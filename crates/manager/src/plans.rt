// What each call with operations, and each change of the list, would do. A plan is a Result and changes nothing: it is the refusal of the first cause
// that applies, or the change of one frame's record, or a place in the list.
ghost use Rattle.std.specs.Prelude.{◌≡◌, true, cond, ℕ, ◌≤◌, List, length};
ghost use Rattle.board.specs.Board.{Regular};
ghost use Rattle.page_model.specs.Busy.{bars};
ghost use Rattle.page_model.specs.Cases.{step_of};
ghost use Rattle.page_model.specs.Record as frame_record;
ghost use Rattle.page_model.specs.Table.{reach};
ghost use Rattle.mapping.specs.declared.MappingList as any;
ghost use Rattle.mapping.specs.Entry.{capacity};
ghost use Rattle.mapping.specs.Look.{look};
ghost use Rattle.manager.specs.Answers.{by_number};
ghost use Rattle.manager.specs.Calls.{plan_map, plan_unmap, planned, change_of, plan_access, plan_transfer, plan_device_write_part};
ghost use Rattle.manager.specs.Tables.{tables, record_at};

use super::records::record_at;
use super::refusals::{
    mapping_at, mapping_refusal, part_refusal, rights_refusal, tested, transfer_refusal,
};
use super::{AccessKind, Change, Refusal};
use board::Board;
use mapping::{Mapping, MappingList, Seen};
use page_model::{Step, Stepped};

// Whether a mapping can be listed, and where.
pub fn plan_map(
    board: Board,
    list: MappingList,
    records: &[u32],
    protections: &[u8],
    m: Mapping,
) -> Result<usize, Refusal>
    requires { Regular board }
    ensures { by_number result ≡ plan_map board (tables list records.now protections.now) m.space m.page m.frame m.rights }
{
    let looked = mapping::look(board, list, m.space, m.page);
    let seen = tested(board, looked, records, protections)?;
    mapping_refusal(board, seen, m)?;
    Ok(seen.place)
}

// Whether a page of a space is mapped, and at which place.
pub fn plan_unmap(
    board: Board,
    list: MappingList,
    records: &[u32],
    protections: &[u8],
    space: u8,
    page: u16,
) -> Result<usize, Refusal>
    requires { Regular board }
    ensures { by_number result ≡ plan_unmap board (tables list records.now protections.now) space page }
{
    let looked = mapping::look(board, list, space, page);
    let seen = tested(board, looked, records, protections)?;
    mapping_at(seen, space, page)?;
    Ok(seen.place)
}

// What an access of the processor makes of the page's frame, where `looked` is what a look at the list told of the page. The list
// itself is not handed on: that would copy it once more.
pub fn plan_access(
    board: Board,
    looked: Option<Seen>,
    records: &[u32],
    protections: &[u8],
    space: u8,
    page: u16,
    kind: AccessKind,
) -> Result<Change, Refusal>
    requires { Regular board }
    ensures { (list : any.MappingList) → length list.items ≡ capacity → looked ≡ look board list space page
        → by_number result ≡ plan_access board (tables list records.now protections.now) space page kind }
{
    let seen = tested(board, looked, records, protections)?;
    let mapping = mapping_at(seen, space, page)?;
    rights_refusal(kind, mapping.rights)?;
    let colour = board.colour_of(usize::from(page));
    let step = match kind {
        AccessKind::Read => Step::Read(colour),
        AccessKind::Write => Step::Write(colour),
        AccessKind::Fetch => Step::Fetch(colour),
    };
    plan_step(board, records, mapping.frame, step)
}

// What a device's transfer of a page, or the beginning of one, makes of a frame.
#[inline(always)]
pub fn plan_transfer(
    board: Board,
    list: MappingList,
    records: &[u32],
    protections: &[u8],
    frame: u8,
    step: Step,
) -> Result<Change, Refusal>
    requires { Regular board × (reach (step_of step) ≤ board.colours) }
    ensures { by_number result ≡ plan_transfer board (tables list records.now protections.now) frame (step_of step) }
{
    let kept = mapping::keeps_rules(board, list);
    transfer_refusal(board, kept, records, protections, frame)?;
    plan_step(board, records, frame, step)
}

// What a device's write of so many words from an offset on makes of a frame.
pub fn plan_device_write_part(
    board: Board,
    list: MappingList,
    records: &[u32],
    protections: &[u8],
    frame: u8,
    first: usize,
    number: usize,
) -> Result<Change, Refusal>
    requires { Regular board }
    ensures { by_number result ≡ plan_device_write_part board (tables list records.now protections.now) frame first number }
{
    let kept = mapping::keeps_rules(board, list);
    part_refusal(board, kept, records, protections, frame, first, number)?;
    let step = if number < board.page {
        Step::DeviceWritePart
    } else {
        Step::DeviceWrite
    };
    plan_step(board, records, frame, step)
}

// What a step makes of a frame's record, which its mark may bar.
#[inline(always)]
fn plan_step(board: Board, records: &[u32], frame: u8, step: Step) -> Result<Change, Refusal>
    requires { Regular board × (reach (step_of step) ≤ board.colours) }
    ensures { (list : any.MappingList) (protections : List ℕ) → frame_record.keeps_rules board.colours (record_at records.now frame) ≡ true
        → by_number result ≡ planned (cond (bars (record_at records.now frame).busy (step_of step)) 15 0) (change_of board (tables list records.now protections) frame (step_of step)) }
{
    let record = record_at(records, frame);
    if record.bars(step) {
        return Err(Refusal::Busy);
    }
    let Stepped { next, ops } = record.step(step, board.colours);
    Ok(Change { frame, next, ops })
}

------------

Return each line among the entries that holds the word "true".

# Result
ghost use Rattle.std.specs.Prelude.{◌≡◌, true, cond, ℕ, ◌≤◌, List, length};
    ensures { (list : any.MappingList) (protections : List ℕ) → frame_record.keeps_rules board.colours (record_at records.now frame) ≡ true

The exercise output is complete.